Like the Barkeep, the Unmarried Mother is another compelling role.  Snook played it fantastically, and showed us both the masculine and feminine sides of that character.  I don’t want to give too much away, but the Unmarried Mother was certainly explored and transformed in a way that most movies are unable to do.

Also noteworthy of mention is Noah Taylor as the supervisor of the time bureau.  I first saw Taylor in the series Powers and the movie Edge of Tomorrow.  I’m really liking his performances more and more, and was really glad he appeared in this film.

Direction (3/5)Predestination was directed by the Spierig Brothers.  With all the plot twists, the interconnectivity of story elements, and paradoxical moments in this film, audiences could have easily found themselves confused or frustrated.  The Spierigs, however, managed to keep the story focused and very character driven.

Execution (3/5) – This movie was not flashy like other time travelling movies.  There was no big ball of electricity that fired off or fancy floating car when people traveled through time.  Objects simply got pushed out of the away during their arrival.

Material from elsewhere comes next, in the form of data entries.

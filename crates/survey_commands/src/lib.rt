//! The program `xdpvm_survey`, on any runtime and any outputs.
#![tactic(auto)]

mod begun;
mod executing;
mod failures;
mod files;
mod folders;
mod hits;
mod looks;
mod pages;
mod progress;
mod steps;
mod streams;
mod surveying;
mod tables;
mod writing;

pub use executing::{execute, execute_given};
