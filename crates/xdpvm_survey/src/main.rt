//! xdpvm_survey: judges many BPF programs at once, and shows one.
//!
//! One function, `execute_given`, does what is asked for and returns the status.
#![tactic(auto)]

use commands::{buffered, is_unwatched};
use exact_io::write_bytes;
use std::fs;
use std::os::unix::fs::FileTypeExt;
use std::process::ExitCode;
use std::rt::Files;
use survey_commands::execute_given;
use words::given_words;

// Whether standard error is a terminal, or another device that takes characters.
fn has_terminal<R: Files>(rt: &R) -> bool {
    match fs::metadata(rt, "/dev/stderr") {
        Ok(output) => output.file_type().is_char_device(),
        Err(_) => false,
    }
}

fn main(rt: HostRuntime) -> ExitCode {
    let mut err = rt.stderr();
    ExitCode::from(
        match buffered(rt.alloc(), is_unwatched(&rt, "/dev/stdout"), rt.stdout()) {
            Ok(mut out) => execute_given(
                &rt,
                given_words(&rt),
                has_terminal(&rt),
                &mut out,
                &mut err,
            ),
            Err(_) => {
                let _ = write_bytes(&mut err, b"out of memory\n");
                5
            }
        },
    )
}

The makeup effects instead were the real highlight of this film.  From the burning of the time agent early in the film to the makeup used to turn Snook into John, I was quite happy with what I saw.

Entertainment (4/5) – I enjoyed the movie a lot.  It stayed close to the source material, and yet added new elements which strengthened the story and characters.  I liked the various references to Heinlein throughout the film as well (some obvious and others not so obvious).  I also liked the many subtle clues and hints that the film makers peppered throughout the story, foreshadowing the main reveal.  Some of you may quickly figure out what’s happening, but I don’t think it will ruin the experience for you.

Overall – I give Predestination 3.6 bowties out of 5.  I definitely feel that this movie is worth multiple viewings, if just to catch all the references you may have missed the first time through.